Real-time identification of Pseudomonas aeruginosa direct from clinical samples using a rapid extraction method and polymerase chain reaction (PCR).

Pseudomonas aeruginosa has emerged as one of the most problematic Gram-negative nosocomial pathogens. Bacteremia caused by P. aeruginosa is clinically indistinguishable from other Gram-negative infections although the mortality rate is higher. This microorganism is also inherently resistant to common antibiotics. Standard bacterial identification and susceptibility testing is normally a 48-hour process and difficulty sometimes exists in rapidly and accurately identifying antimicrobial resistance.

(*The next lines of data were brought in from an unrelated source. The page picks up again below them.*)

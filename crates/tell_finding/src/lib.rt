//! Findings: one refused line, with its place, its cause and its cures, as a JSON object or as text for
//! people. It needs the line and the words of the reply, and no session.
//!
//! ```
//! let line = b"vfl g align left H:[a][b]";
//! let cause = cause_of("kind align");              // `why`: the alignment runs along the format
//! let mut finding = Finding::new(alloc);
//! finding.set_count("line", 3);
//! finding.set_text("text", line);
//! finding.set_text("reply", b"refused 5 kind align");
//! finding.set_text("why", cause.why.as_bytes());
//! finding.set_place(line, cause_place(line, "kind align", cause.mark));
//! finding.set_cure(align_cure(line).as_bytes());
//! put_people(&mut reader, &mut out, &finding.value());
//! // line 3, column 13: refused 5 kind align
//! //     vfl g align left H:[a][b]
//! //                 ^~~~
//! //     why: the alignment runs along the format: take one across, as centerY for H:
//! //     cure: behind H: that is `top`, `bottom` or `centerY`; the others are for V:
//! ```
//!
//! The crate is only tested.
//!
//! In reading order: `chars` (characters of a text), `finding` ([`Finding`]: the object), `causes` (what
//! causes mean, and the forms of commands), `marks` (where a cause shows), `trees` (what is wrong with a
//! tree's text), `pins` (lines that pin an attribute), `carets` (a line with a caret) and `people` (the text
//! of a finding).
#![tactic(auto)]

mod carets;
mod causes;
mod chars;
mod finding;
mod marks;
mod people;
mod pins;
mod trees;

pub use causes::{Cause, cause_of, form_of};
pub use finding::{Finding, put_json, text_of};
pub use marks::{align_cure, cause_place, long_place, own_place, taken_place, unknown_place};
pub use people::put_people;
pub use pins::{digits_behind, put_pin};
pub use trees::{Fault, json_fault, shape_fault};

The Polymerase Chain Reaction (PCR) is a rapid and simple process for the amplification of target DNA sequences. However, many sample preparation methods are unsuitable for the clinical laboratory because they are not cost effective, take too long to perform, or do not provide a good template for PCR. Our goal was to provide same-day results to facilitate rapid diagnosis. In this report, we have utilized our rapid DNA extraction method to generate bacterial DNA direct from clinical samples for PCR. The lower detection level for P. aeruginosa was estimated to be 10 CFU/ml. In addition, we wanted to compare the results of a new rapid-cycle DNA thermocycler that uses continuous fluorescence monitoring with the results of standard thermocycling. We tested 40 clinical isolates of P. aeruginosa and 18 non-P. aeruginosa isolates received in a blinded fashion. Coded data revealed that there was 100% correlation in both the rapid-cycle DNA thermocycling and standard thermocycling when compared to standard clinical laboratory results. In addition, total results turn-around time was less than 1 hour. Specific identification of P. aeruginosa was determined using intragenic primer sets for bacterial 16S rRNA and Pseudomonas outer-membrane lipoprotein gene sequences. The total cost of our extraction method and PCR was $2.22 per sample. The accuracy and rapidness of this DNA-extraction method, with its PCR-based identification system, make it an ideal candidate for use in the clinical laboratory.